▶ [The data]:
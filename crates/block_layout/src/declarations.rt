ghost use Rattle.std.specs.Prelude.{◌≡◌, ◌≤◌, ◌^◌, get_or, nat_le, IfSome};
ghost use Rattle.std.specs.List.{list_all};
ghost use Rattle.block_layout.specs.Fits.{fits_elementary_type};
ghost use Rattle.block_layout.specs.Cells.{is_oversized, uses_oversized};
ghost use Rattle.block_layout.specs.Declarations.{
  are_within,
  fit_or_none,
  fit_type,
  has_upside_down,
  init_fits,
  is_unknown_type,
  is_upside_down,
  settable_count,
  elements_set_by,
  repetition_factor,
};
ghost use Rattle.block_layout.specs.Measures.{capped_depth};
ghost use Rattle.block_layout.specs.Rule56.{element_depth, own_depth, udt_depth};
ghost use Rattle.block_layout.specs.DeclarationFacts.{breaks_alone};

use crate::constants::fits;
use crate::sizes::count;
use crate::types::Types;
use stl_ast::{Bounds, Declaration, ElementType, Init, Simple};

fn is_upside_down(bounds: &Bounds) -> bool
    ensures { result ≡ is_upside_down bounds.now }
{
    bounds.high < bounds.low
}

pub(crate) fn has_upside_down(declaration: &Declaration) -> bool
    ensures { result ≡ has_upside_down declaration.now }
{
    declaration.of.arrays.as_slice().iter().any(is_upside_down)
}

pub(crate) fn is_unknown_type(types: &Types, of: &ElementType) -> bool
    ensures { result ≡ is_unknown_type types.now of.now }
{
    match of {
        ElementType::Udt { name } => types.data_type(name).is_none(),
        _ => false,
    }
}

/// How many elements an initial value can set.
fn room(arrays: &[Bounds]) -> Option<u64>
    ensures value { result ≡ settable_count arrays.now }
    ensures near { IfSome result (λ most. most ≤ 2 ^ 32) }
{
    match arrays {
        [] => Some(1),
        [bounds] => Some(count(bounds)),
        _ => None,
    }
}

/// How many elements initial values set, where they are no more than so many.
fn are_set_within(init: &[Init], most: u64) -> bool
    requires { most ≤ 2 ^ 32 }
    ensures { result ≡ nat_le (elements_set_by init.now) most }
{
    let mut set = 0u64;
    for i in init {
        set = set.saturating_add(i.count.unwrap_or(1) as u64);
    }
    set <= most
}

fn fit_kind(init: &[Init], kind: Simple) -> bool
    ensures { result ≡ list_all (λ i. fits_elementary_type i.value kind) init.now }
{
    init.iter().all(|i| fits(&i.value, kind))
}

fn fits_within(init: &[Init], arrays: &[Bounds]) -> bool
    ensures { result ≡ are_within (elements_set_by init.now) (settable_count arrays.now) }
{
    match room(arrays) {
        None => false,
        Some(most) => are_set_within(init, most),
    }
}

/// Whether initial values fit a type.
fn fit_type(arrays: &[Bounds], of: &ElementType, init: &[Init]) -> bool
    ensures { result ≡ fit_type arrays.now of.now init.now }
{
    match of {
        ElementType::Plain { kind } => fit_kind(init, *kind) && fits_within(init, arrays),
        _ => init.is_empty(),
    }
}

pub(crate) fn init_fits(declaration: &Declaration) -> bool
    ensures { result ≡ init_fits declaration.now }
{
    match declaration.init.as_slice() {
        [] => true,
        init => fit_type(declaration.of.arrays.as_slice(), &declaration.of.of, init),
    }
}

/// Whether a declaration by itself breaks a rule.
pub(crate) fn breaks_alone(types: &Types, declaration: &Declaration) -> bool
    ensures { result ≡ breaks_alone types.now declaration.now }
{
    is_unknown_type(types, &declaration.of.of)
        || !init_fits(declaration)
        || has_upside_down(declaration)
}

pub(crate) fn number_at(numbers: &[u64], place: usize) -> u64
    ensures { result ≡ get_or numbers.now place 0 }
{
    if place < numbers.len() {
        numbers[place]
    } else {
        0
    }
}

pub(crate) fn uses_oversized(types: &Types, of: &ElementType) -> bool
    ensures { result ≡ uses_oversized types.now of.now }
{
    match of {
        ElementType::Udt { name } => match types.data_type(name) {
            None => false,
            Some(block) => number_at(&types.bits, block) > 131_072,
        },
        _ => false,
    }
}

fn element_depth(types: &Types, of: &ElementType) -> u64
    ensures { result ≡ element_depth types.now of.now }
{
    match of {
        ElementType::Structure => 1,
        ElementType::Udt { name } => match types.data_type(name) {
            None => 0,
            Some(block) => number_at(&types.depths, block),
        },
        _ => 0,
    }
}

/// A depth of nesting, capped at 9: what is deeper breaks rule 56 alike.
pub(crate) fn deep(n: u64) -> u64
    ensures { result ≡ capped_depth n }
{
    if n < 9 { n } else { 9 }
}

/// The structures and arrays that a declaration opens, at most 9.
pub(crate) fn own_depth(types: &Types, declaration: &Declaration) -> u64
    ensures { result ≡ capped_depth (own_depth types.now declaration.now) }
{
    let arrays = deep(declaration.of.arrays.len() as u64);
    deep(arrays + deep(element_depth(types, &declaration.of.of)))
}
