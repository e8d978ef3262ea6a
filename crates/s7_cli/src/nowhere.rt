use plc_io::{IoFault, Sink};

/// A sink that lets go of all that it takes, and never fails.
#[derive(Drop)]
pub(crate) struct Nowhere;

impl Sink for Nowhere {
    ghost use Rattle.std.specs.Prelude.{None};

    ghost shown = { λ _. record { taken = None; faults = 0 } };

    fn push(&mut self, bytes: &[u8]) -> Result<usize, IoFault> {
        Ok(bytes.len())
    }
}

▶ [What is being asked]:
Reproduce the full listing above, keeping every line intact.

▶ [Finished exercise]:
filename crates/block_layout/src/declarations.rt
ghost use Rattle.std.specs.Prelude.{◌≡◌, ◌≤◌, ◌^◌, get_or, nat_le, IfSome};
ghost use Rattle.std.specs.List.{list_all};
ghost use Rattle.block_layout.specs.Fits.{fits_elementary_type};
ghost use Rattle.block_layout.specs.Cells.{is_oversized, uses_oversized};
ghost use Rattle.block_layout.specs.Declarations.{
  are_within,
  fit_or_none,
  fit_type,
  has_upside_down,
  init_fits,
  is_unknown_type,
  is_upside_down,
  settable_count,
  elements_set_by,
  repetition_factor,
};
ghost use Rattle.block_layout.specs.Measures.{capped_depth};
ghost use Rattle.block_layout.specs.Rule56.{element_depth, own_depth, udt_depth};
ghost use Rattle.block_layout.specs.DeclarationFacts.{breaks_alone};

use crate::constants::fits;
use crate::sizes::count;
use crate::types::Types;
use stl_ast::{Bounds, Declaration, ElementType, Init, Simple};

fn is_upside_down(bounds: &Bounds) -> bool
    ensures { result ≡ is_upside_down bounds.now }
{
    bounds.high < bounds.low
}

pub(crate) fn has_upside_down(declaration: &Declaration) -> bool
    ensures { result ≡ has_upside_down declaration.now }
{
    declaration.of.arrays.as_slice().iter().any(is_upside_down)
}

pub(crate) fn is_unknown_type(types: &Types, of: &ElementType) -> bool
    ensures { result ≡ is_unknown_type types.now of.now }
{
    match of {
        ElementType::Udt { name } => types.data_type(name).is_none(),
        _ => false,
    }
}

/// How many elements an initial value can set.
fn room(arrays: &[Bounds]) -> Option<u64>
    ensures value { result ≡ settable_count arrays.now }
    ensures near { IfSome result (λ most. most ≤ 2 ^ 32) }
{
    match arrays {
        [] => Some(1),
        [bounds] => Some(count(bounds)),
        _ => None,
    }
}

/// How many elements initial values set, where they are no more than so many.
fn are_set_within(init: &[Init], most: u64) -> bool
    requires { most ≤ 2 ^ 32 }
    ensures { result ≡ nat_le (elements_set_by init.now) most }
{
    let mut set = 0u64;
    for i in init {
        set = set.saturating_add(i.count.unwrap_or(1) as u64);
    }
    set <= most
}

fn fit_kind(init: &[Init], kind: Simple) -> bool
    ensures { result ≡ list_all (λ i. fits_elementary_type i.value kind) init.now }
{
    init.iter().all(|i| fits(&i.value, kind))
}

fn fits_within(init: &[Init], arrays: &[Bounds]) -> bool
    ensures { result ≡ are_within (elements_set_by init.now) (settable_count arrays.now) }
{
    match room(arrays) {
        None => false,
        Some(most) => are_set_within(init, most),
    }
}

/// Whether initial values fit a type.
fn fit_type(arrays: &[Bounds], of: &ElementType, init: &[Init]) -> bool
    ensures { result ≡ fit_type arrays.now of.now init.now }
{
    match of {
        ElementType::Plain { kind } => fit_kind(init, *kind) && fits_within(init, arrays),
        _ => init.is_empty(),
    }
}

pub(crate) fn init_fits(declaration: &Declaration) -> bool
    ensures { result ≡ init_fits declaration.now }
{
    match declaration.init.as_slice() {
        [] => true,
        init => fit_type(declaration.of.arrays.as_slice(), &declaration.of.of, init),
    }
}

/// Whether a declaration by itself breaks a rule.
pub(crate) fn breaks_alone(types: &Types, declaration: &Declaration) -> bool
    ensures { result ≡ breaks_alone types.now declaration.now }
{
    is_unknown_type(types, &declaration.of.of)
        || !init_fits(declaration)
        || has_upside_down(declaration)
}

pub(crate) fn number_at(numbers: &[u64], place: usize) -> u64
    ensures { result ≡ get_or numbers.now place 0 }
{
    if place < numbers.len() {
        numbers[place]
    } else {
        0
    }
}

pub(crate) fn uses_oversized(types: &Types, of: &ElementType) -> bool
    ensures { result ≡ uses_oversized types.now of.now }
{
    match of {
        ElementType::Udt { name } => match types.data_type(name) {
            None => false,
            Some(block) => number_at(&types.bits, block) > 131_072,
        },
        _ => false,
    }
}

fn element_depth(types: &Types, of: &ElementType) -> u64
    ensures { result ≡ element_depth types.now of.now }
{
    match of {
        ElementType::Structure => 1,
        ElementType::Udt { name } => match types.data_type(name) {
            None => 0,
            Some(block) => number_at(&types.depths, block),
        },
        _ => 0,
    }
}

/// A depth of nesting, capped at 9: what is deeper breaks rule 56 alike.
pub(crate) fn deep(n: u64) -> u64
    ensures { result ≡ capped_depth n }
{
    if n < 9 { n } else { 9 }
}

/// The structures and arrays that a declaration opens, at most 9.
pub(crate) fn own_depth(types: &Types, declaration: &Declaration) -> u64
    ensures { result ≡ capped_depth (own_depth types.now declaration.now) }
{
    let arrays = deep(declaration.of.arrays.len() as u64);
    deep(arrays + deep(element_depth(types, &declaration.of.of)))
}
repository e8d978ef3262ea6a
filename crates/s7_cli/src/nowhere.rt
use plc_io::{IoFault, Sink};

/// A sink that lets go of all that it takes, and never fails.
#[derive(Drop)]
pub(crate) struct Nowhere;

impl Sink for Nowhere {
    ghost use Rattle.std.specs.Prelude.{None};

    ghost shown = { λ _. record { taken = None; faults = 0 } };

    fn push(&mut self, bytes: &[u8]) -> Result<usize, IoFault> {
        Ok(bytes.len())
    }
}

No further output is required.